Folks at Tollbit have released an interesting study on AI’s impact on publishers (the impact of LLMs’). (www.tollbit.com)

Key Takeaways ( AI summarized ) of the AI’s impact on publishers:

  • The latest AI agents and “headless browsers” interact with websites as if they were human users, masking their true nature with standard Chrome user agents and solving CAPTCHAs.
  • AI bot traffic now exceeds that of Bing’s web crawler; 1 in every 50 website visitors is an AI agent, up from 1 in 200 at the year’s start—a 4x surge in relative AI visits since Q1.

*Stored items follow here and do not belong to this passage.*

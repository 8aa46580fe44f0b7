//! Names alone.
ghost use Rattle.std.specs.Prelude.{◌≡◌, MatchOption};
ghost use Rattle.std.specs.Str.{chars};
ghost use Rattle.std.specs.List.{list_all};
ghost use Rattle.unicode_ident.specs.Ident as ident;
ghost use Rattle.brisk_lex.specs.Spelled as spec;
ghost use Rattle.brisk_lex.specs.Spelled.{IsName};

use crate::cut::starts_name;
use crate::scan::take_char;
use crate::words::word_of;
use brisk_values::Name;
use std::str::from_utf8;
use unicode_ident::is_xid_continue;

fn all_go_on(text: &str) -> bool
    ensures { result ≡ list_all ident.is_xid_continue (chars text.now) }
{
    text.chars().all(|c| is_xid_continue(c))
}

/// Whether the text is a name or a reserved word.
fn is_identifier(text: &str) -> bool
    ensures { result ≡ spec.is_identifier (chars text.now) }
{
    match take_char(text) {
        Some((c, after)) => starts_name(c) && all_go_on(after),
        None => false,
    }
}

/// The name with these bytes, if they are a name of the language.
pub fn name_in(bytes: &[u8]) -> Option<Name>
    ensures { MatchOption result (IsName bytes.now → ⊥) (λ x. (x ≡ bytes.now) × IsName bytes.now) }
{
    let text = from_utf8(bytes).ok()?;
    if !is_identifier(text) || word_of(bytes).is_some() {
        return None;
    }
    Name::new(bytes)
}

  • Human visitor numbers fell 9.4% across TollBit partner sites, while AI bot or agent traffic soared, highlighting a substitution effect where AIs, not humans, are browsing sites.
  • Publisher responses include a 336% rise in sites blocking or redirecting AI bots (HTTP errors and use of robot paywalls), yet 13.26% of AI bots still bypass robots.txt—up from 3.3% just six months prior.
  • Third-party and browser-driven AI agents are rapidly being adopted, further blurring the human/bot line; they automate browsing for real-time tasks including purchasing and navigation.
  • Advanced agents operate from the user’s desktop IP, making detection by publishers even harder; these “faux human” visitors risk eroding the web’s economic foundations.
  • The report contends that AI agents must be required to self-identify, and regulatory action should mandate clear user agent disclosures to protect publisher interests and foster a fair content market.
  • AI scraping puts new cost pressures on sites, including rising CDN bills; many categories, such as B2B/professional, parenting, and sports, receive disproportionately high AI traffic.
  • Europe’s regulatory actions have resulted in AI bots scraping European sites 27% less often than US sites, while APAC domains are the most heavily scraped globally.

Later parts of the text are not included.